The single mother found ways to enjoy herself despite working “almost every day” to support two sons, said the older son, 22-year-old Randy Park.
“I learned how to moonwalk because, like, I saw her moonwalking while vacuuming when I was a kid,” Park said.
On Tuesday night, Park was at home playing video games when he heard a gunman had opened fire at the Atlanta massage business where his mother worked. He rushed to the scene and then to a police station to find out more information. But it was through word of mouth that he learned his mother was dead.
Grant, 51, was among eight people killed by gunfire at three metro Atlanta massage businesses. The Fulton County medical examiner released her identity Friday along with those of three other victims: Soon C. Park 74; Suncha Kim, 69; and Yong A. Yue, 63.
The situation has been harrowing for Park, who said he has not been able to claim his mother’s body from the medical examiner’s office because of a complication with her last name, which is legally Grant. Park said that name is from a marriage he does not recall, and he can’t find papers showing a separation to prove that he is the next of kin.
Park dismissed the idea that the shootings weren’t fueled by anti-Asian sentiment. Still, he said that his mother raised him to believe that people are fundamentally good, though “sometimes, things go horribly wrong.”
It wasn’t immediately clear which of the Atlanta businesses employed Grant.
Her job was a sensitive subject, Park said, noting the stigma often associated with massage businesses. She told her sons that they should tell others she worked doing makeup with her friends.
Ultimately, Park said, he didn’t care what she did for work.
“She loved me and my brother enough to work for us, to dedicate her whole life,” he said. “That’s enough.”
Grant’s son’s have set up a GoFundMe to help pay for her funeral expenses. As of Saturday night, it had raised over $2.5 million.
SUN CHA KIM, 69
In a GoFundMe set up to cover her funeral expenses, her granddaughter described Kim as “pure-hearted and the most selfless woman I knew.”
Kim was from Seoul, South Korea and had two children and three grandchildren.
“She represented everything I wanted to be as a woman, without an ounce of hate or bitterness in her heart,” Hillary Li wrote. “People that were close to me, knew that my grandmother was my rock. To have her taken away as a perfectly healthy elderly woman by such a heinous crime broke my heart.”

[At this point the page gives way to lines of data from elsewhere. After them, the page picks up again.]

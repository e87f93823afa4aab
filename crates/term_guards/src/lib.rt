//! Guards of the operators of annotations (ACSL 2.2) that aren't defined everywhere: a division by 0, and a shift by a
//! negative count.
//!
//! A guard is an expression of monitored C over the second operand alone, in whose type it is computed, and its value
//! is the truth of definedness as an `i32`.
#![tactic(auto)]

pub mod laws;
mod operator;

pub use operator::guard;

Li said all her grandmother wanted was to grow old with her husband and “watch her children and grandchildren live the life she never got to live.”
YONG AE YUE, 63
The following statement is from the family of Atlanta shooting victim Ms. Yong Ae Yue and issued by their counsel, Alston & Bird partner BJay Pak.
“We are the sons of Ms. Yong Ae Yue, one of the victims of the recent tragic shootings that occurred this past week. We are devastated by the loss of our beloved mother, and words cannot adequately describe our grief. To all those who have reached out to provide support and words of encouragement, thank you. At this time, since the case has garnered so much attention, we are asking that the media and the public to please respect our family’s privacy while we grieve and while we make arrangements for our mother’s funeral. We will be making another statement at the appropriate time. Until then, please direct any inquiries to our attorney. Thank you.”
Her family has set up a GoFundMe to help pay for Yue’s funeral expenses. The funeral will be held March 26.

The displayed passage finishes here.